Saved entries:
----------------------------------------

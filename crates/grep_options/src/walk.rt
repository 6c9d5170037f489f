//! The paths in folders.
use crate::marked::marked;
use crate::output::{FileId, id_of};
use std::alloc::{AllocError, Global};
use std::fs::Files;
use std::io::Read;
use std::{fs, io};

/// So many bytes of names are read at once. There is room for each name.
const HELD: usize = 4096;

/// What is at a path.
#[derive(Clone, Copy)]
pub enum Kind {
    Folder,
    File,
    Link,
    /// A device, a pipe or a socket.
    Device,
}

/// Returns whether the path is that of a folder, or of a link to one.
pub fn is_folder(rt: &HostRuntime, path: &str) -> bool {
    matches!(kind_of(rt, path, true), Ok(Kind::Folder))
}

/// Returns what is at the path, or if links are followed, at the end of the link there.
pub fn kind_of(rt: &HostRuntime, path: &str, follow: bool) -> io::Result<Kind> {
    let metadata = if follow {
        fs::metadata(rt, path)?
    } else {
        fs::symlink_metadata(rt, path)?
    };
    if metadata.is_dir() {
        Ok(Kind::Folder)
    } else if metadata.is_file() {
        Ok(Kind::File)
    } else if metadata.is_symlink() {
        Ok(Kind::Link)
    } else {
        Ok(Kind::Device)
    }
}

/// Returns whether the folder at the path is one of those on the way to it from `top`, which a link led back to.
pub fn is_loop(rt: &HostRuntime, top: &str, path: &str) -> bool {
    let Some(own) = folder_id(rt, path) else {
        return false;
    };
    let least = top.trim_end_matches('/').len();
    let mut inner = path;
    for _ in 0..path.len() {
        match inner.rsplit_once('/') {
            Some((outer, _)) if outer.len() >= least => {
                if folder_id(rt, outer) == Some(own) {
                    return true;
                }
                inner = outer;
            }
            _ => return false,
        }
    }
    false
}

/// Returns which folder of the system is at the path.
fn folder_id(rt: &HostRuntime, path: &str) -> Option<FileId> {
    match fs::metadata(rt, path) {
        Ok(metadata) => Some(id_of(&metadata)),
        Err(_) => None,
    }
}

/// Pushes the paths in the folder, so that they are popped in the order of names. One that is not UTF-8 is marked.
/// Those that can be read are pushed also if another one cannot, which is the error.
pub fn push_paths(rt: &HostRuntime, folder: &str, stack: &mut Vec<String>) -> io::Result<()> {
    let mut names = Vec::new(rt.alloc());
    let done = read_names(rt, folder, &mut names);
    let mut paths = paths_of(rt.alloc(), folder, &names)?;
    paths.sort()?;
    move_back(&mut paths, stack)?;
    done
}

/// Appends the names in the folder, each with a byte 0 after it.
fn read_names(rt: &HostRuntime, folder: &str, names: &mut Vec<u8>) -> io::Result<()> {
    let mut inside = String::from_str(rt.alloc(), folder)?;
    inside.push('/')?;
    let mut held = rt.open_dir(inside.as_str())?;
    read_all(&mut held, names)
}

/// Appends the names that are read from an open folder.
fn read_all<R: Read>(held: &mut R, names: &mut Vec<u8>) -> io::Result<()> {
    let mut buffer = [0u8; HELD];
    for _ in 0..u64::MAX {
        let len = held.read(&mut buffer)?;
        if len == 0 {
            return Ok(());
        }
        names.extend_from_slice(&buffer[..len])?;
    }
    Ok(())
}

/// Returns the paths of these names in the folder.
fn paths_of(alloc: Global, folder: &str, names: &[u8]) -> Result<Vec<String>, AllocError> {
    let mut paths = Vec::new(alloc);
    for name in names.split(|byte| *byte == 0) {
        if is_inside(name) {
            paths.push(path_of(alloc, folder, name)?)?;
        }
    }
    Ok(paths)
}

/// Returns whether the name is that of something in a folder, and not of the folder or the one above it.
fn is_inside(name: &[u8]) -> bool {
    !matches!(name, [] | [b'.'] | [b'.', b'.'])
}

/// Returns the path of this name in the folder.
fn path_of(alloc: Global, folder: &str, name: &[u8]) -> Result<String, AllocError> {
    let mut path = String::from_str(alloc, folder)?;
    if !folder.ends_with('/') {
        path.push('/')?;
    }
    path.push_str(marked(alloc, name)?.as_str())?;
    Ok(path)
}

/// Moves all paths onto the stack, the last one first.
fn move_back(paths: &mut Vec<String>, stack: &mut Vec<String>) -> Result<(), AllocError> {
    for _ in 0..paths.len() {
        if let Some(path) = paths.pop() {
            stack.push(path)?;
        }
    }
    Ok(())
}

----------------------------------------

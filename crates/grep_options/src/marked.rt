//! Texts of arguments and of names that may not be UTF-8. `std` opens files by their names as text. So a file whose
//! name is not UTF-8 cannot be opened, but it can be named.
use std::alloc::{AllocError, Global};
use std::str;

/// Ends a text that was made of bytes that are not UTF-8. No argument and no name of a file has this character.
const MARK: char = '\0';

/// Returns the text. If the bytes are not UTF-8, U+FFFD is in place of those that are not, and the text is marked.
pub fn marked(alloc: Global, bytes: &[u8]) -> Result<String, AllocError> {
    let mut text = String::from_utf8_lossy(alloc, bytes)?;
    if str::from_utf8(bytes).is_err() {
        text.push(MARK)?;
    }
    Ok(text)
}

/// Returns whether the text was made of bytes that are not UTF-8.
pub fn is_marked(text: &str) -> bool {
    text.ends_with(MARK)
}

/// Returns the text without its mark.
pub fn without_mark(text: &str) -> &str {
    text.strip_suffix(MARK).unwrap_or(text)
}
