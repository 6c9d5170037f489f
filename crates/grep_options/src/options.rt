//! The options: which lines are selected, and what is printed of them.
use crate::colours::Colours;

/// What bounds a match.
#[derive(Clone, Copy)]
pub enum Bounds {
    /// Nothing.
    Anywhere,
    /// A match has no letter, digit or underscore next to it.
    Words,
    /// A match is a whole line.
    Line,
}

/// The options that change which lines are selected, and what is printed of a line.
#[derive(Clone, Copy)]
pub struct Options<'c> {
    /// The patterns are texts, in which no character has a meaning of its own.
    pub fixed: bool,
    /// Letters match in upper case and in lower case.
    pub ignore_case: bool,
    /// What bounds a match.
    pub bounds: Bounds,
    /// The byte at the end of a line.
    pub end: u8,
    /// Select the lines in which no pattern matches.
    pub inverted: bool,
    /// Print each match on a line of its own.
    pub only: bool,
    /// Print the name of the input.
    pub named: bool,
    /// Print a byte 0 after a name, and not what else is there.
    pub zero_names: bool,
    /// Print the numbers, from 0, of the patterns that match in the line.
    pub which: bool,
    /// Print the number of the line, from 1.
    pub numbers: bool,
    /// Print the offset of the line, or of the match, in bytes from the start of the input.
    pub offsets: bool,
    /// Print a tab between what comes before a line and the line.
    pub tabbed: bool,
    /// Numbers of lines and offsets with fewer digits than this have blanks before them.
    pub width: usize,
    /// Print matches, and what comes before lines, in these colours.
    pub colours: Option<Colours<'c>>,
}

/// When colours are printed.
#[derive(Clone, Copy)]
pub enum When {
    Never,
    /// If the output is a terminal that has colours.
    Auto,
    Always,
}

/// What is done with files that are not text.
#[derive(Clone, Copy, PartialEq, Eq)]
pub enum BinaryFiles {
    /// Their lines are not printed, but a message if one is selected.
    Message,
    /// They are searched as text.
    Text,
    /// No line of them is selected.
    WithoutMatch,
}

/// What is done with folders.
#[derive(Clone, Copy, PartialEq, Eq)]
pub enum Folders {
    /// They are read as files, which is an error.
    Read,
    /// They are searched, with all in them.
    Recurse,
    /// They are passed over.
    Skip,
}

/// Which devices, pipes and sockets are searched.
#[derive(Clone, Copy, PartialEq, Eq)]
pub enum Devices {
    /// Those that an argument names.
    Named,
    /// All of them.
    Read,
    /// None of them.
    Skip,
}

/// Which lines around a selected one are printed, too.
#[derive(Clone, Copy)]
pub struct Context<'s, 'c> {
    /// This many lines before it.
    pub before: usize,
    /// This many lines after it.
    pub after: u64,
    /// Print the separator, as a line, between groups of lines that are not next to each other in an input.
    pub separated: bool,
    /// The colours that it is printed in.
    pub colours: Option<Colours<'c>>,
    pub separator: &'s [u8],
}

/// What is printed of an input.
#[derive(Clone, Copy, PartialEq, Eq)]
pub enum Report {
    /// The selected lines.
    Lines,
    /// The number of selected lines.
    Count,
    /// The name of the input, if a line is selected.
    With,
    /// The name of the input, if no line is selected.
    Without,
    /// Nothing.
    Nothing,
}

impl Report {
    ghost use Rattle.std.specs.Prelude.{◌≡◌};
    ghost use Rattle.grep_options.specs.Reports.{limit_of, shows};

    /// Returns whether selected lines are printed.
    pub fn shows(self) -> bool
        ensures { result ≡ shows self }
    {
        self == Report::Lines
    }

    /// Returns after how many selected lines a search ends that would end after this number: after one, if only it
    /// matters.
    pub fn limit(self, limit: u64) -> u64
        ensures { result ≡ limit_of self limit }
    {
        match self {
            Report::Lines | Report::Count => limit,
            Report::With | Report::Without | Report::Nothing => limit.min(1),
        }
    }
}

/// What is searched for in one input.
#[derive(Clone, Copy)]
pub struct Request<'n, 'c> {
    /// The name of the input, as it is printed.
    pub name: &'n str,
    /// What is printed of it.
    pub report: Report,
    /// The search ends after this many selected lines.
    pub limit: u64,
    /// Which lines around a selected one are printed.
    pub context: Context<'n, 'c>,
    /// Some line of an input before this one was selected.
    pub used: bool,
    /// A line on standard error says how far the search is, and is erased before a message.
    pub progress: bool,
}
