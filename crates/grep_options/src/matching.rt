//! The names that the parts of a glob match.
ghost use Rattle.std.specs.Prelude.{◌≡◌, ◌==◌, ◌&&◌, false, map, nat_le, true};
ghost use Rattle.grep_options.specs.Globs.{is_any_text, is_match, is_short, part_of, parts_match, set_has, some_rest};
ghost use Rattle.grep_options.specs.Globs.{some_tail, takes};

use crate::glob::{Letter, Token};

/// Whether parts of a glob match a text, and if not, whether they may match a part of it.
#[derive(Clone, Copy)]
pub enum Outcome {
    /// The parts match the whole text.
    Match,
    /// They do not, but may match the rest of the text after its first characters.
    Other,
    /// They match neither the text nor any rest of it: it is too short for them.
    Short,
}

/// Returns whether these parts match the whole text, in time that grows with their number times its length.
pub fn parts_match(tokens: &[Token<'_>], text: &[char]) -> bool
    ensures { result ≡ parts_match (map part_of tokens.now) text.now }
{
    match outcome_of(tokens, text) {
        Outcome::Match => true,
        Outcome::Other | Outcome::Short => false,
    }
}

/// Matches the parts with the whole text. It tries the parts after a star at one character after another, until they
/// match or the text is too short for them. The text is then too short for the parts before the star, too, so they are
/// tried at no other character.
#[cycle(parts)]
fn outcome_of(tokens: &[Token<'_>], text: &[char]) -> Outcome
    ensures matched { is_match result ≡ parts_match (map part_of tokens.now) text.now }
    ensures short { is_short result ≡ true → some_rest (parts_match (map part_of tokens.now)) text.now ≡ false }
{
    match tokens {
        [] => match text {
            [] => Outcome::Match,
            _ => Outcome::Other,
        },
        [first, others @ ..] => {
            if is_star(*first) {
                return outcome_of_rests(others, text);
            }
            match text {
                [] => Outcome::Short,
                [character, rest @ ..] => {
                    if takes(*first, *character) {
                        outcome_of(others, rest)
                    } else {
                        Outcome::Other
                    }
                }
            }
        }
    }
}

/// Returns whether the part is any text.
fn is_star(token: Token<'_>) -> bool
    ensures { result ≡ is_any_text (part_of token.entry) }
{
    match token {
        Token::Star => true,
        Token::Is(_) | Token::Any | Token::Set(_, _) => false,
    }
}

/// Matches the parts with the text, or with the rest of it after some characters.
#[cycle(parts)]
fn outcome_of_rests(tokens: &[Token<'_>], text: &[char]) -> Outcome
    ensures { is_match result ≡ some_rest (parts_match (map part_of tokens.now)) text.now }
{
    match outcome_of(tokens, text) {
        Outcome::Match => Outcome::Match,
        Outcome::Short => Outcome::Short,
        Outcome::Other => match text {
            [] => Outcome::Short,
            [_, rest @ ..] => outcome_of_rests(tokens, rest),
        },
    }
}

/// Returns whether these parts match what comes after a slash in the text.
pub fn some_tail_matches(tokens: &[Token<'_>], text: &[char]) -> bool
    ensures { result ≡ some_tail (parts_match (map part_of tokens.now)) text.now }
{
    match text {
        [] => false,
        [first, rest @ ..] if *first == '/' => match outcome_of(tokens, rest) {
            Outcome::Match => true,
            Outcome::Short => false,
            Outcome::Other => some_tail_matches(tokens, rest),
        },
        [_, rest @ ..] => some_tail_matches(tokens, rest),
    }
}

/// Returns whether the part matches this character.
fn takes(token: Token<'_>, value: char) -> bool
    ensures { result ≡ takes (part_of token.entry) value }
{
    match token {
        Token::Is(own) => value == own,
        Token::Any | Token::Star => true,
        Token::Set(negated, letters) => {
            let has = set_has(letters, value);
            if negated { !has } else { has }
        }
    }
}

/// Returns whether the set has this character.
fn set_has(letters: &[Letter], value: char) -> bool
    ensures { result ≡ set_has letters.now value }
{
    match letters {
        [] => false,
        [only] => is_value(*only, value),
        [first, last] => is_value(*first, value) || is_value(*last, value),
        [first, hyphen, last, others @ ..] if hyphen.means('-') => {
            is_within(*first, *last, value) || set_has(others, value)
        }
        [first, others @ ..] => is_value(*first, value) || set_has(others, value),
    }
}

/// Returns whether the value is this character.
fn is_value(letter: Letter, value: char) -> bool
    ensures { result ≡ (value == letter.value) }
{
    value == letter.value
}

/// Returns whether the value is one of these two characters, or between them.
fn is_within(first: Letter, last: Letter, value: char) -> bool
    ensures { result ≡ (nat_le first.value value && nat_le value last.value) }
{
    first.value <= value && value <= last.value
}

----------------------------------------

Goal of the exercise: From the entries above, give again exactly the lines running from the line with "filename crates/grep_options/src/walk.rt" to the line with "Ok(Kind::File)"; include both of those lines.

Solution for this problem:
filename crates/grep_options/src/walk.rt
repository 6c9d5170037f489f
//! The paths in folders.
use crate::marked::marked;
use crate::output::{FileId, id_of};
use std::alloc::{AllocError, Global};
use std::fs::Files;
use std::io::Read;
use std::{fs, io};

/// So many bytes of names are read at once. There is room for each name.
const HELD: usize = 4096;

/// What is at a path.
#[derive(Clone, Copy)]
pub enum Kind {
    Folder,
    File,
    Link,
    /// A device, a pipe or a socket.
    Device,
}

/// Returns whether the path is that of a folder, or of a link to one.
pub fn is_folder(rt: &HostRuntime, path: &str) -> bool {
    matches!(kind_of(rt, path, true), Ok(Kind::Folder))
}

/// Returns what is at the path, or if links are followed, at the end of the link there.
pub fn kind_of(rt: &HostRuntime, path: &str, follow: bool) -> io::Result<Kind> {
    let metadata = if follow {
        fs::metadata(rt, path)?
    } else {
        fs::symlink_metadata(rt, path)?
    };
    if metadata.is_dir() {
        Ok(Kind::Folder)
    } else if metadata.is_file() {
        Ok(Kind::File)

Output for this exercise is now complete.